Corn cob bedding absorbs well and easy to clean out. I actually could smell the birds when using this stuff. Also was worried about them eating it.

Horse bedding pellets(looks like rabbit feed). The worst of them all. They reeked but absorbed well. Although they were easy to clean out. 

I found that newspaper works the best for me. We change the papers every other day and then do a total cleanout(wipedown/disinfecting) every Saturday. You plan on having your pidgie outside, so the bedding that irked me most likely to suit you just fine. 

I was told about recycled newspaper pellets called "Yesterday's news" that supposedly works well. I never tried it.


----------



## HeatherW (Mar 5, 2012)

Thank you Michy, I probably wouldnt end up using the pellets anyways. I hate the stuff! doesnt give any animal traction. 

Has anyone ever used fake grass??? I was thinking if you get 3 pieces cut you could just change it out every other day, spray the soiled one off and hang to dry. With three pieces you would always ensure that the clean one was fully dry before it went in. 
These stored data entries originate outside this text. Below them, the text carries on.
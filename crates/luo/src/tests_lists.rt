// Listings, from each kind of place, of collections of each kind.
use crate::tests::listed;
use std::test::Fail;

// Permutations as sets of cycles.
const PERMUTATIONS: &[u8] =
    b"labelled; type point = atom(1); type cyc = cycle(point); type perm = set(cyc); \
    procedure p(x : perm); begin end; analyze p;";

// Integer partitions.
const PARTITIONS: &[u8] =
    b"type unit = atom(1); type part = sequence(unit, card >= 1); type partition = \
    multiset(part); procedure p(x : partition); begin end; analyze p;";

// Sets of at most one atom in each of two colours.
const COLOURS: &[u8] =
    b"type u = atom(1); type s = powerset(u | u); procedure p(x : s); begin end; analyze p;";

// Binary trees.
const TREES: &[u8] =
    b"type leaf = epsilon; type node = atom(1); type tree = leaf | product(node, tree, tree); \
    procedure p(x : tree); begin end; analyze p;";

// Rooted labelled trees.
const ROOTED: &[u8] =
    b"labelled; type node = atom(1); type tree = product(node, set(tree)); procedure p(x : \
    tree); begin end; analyze p;";

// Cycles of points that are marked or not, with an atom of weight 0 on either side.
const WEIGHTLESS: &[u8] =
    b"labelled; type e = epsilon; type z = atom(1); type part = product(e | e, z); type ring \
    = cycle(part); type all = product(e, ring, e); procedure p(x : all); begin end; analyze \
    p;";

#[test]
fn listings_are_in_order(rt: HostRuntime) -> Result<(), Fail> {
    let rows: [(&[u8], [&str; 4], &[u8]); 15] = [
        (
            PERMUTATIONS,
            ["perm", "3", "0", "100"],
            b"0 [[#1],[#2],[#3]]\n\
                1 [[#1],[#2,#3]]\n\
                2 [[#1,#2],[#3]]\n\
                3 [[#1,#3],[#2]]\n\
                4 [[#1,#2,#3]]\n\
                5 [[#1,#3,#2]]\n",
        ),
        (
            PERMUTATIONS,
            ["perm", "3", "2", "3"],
            b"2 [[#1,#2],[#3]]\n\
                3 [[#1,#3],[#2]]\n\
                4 [[#1,#2,#3]]\n",
        ),
        (PERMUTATIONS, ["perm", "3", "5", "1"], b"5 [[#1,#3,#2]]\n"),
        (PERMUTATIONS, ["perm", "3", "6", "1"], b""),
        (PERMUTATIONS, ["perm", "3", "0", "0"], b""),
        (
            PERMUTATIONS,
            ["cyc", "4", "0", "100"],
            b"0 [#1,#2,#3,#4]\n\
                1 [#1,#2,#4,#3]\n\
                2 [#1,#3,#2,#4]\n\
                3 [#1,#3,#4,#2]\n\
                4 [#1,#4,#2,#3]\n\
                5 [#1,#4,#3,#2]\n",
        ),
        (
            PARTITIONS,
            ["partition", "5", "0", "100000"],
            b"0 [[a1],[a1],[a1],[a1],[a1]]\n\
                1 [[a1,a1],[a1],[a1],[a1]]\n\
                2 [[a1,a1],[a1,a1],[a1]]\n\
                3 [[a1,a1,a1],[a1],[a1]]\n\
                4 [[a1,a1,a1],[a1,a1]]\n\
                5 [[a1,a1,a1,a1],[a1]]\n\
                6 [[a1,a1,a1,a1,a1]]\n",
        ),
        (
            COLOURS,
            ["s", "1", "0", "9"],
            b"0 [1:a1]\n\
                1 [2:a1]\n",
        ),
        (COLOURS, ["s", "2", "0", "9"], b"0 [2:a1,1:a1]\n"),
        (
            TREES,
            ["tree", "3", "0", "9"],
            b"0 2:(a1,1:a0,2:(a1,1:a0,2:(a1,1:a0,1:a0)))\n\
                1 2:(a1,1:a0,2:(a1,2:(a1,1:a0,1:a0),1:a0))\n\
                2 2:(a1,2:(a1,1:a0,1:a0),2:(a1,1:a0,1:a0))\n\
                3 2:(a1,2:(a1,1:a0,2:(a1,1:a0,1:a0)),1:a0)\n\
                4 2:(a1,2:(a1,2:(a1,1:a0,1:a0),1:a0),1:a0)\n",
        ),
        (
            TREES,
            ["tree", "3", "3", "5"],
            b"3 2:(a1,2:(a1,1:a0,2:(a1,1:a0,1:a0)),1:a0)\n\
                4 2:(a1,2:(a1,2:(a1,1:a0,1:a0),1:a0),1:a0)\n",
        ),
        (
            TREES,
            ["tree", "3", "1000000000000000000000000000000000000000", "5"],
            b"",
        ),
        (TREES, ["node", "2", "0", "5"], b""),
        (
            ROOTED,
            ["tree", "3", "0", "100"],
            b"0 (#1,[(#2,[]),(#3,[])])\n\
                1 (#1,[(#2,[(#3,[])])])\n\
                2 (#1,[(#3,[(#2,[])])])\n\
                3 (#2,[(#1,[]),(#3,[])])\n\
                4 (#2,[(#1,[(#3,[])])])\n\
                5 (#2,[(#3,[(#1,[])])])\n\
                6 (#3,[(#1,[]),(#2,[])])\n\
                7 (#3,[(#1,[(#2,[])])])\n\
                8 (#3,[(#2,[(#1,[])])])\n",
        ),
        (
            WEIGHTLESS,
            ["all", "2", "0", "100"],
            b"0 (a0,[(1:a0,#1),(1:a0,#2)],a0)\n\
                1 (a0,[(1:a0,#1),(2:a0,#2)],a0)\n\
                2 (a0,[(2:a0,#1),(1:a0,#2)],a0)\n\
                3 (a0,[(2:a0,#1),(2:a0,#2)],a0)\n",
        ),
    ];
    for row in &rows {
        listed(&rt, rt.alloc(), row.0, &row.1, row.2)?;
    }
    Ok(())
}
It would also look pretty awesome. I was planning on painting the cage black and the bright green would be a cool contrast. It was just something that popped into my head as I was typing the first part of this. As long as I made sure it was a plastic weave bottom I should be able to disinfect it alright. I also noticed they use it for some perches at the wild animal rehab center out my way, even in the pigeon area. Thoughts on that one??


----------



## HeatherW (Mar 5, 2012)

I took some new pics of him today in the small blue carrier I put him in while I clean the big one. He has come a long way from the pigeon that didnt move when I touched him and had his head tucked into his shoulders 24/7. I also took his weight today, he is 284 grams, now I can start monitoring improvement. What type of pigeon is he? I was thinking probably a roller? What do you all think?


----------



## HeatherW (Mar 5, 2012)

Also in regards to the rough picture of the cage I intend to build, should the brown wall on the right be solid or mesh?? I am going to take measurements of the wooden box I found at work in a little bit and start to draw up actual plans  I have also posted an add on a local site looking for a female pigeon.


----------



## HeatherW (Mar 5, 2012)

I just measured the wooden box I got from work and it is 24"L X 24"W X 34"H. I was thinking I would divide it into two nesting areas. I also think that I will do the brown wall in the pic solid for more protection from the elements and predators. 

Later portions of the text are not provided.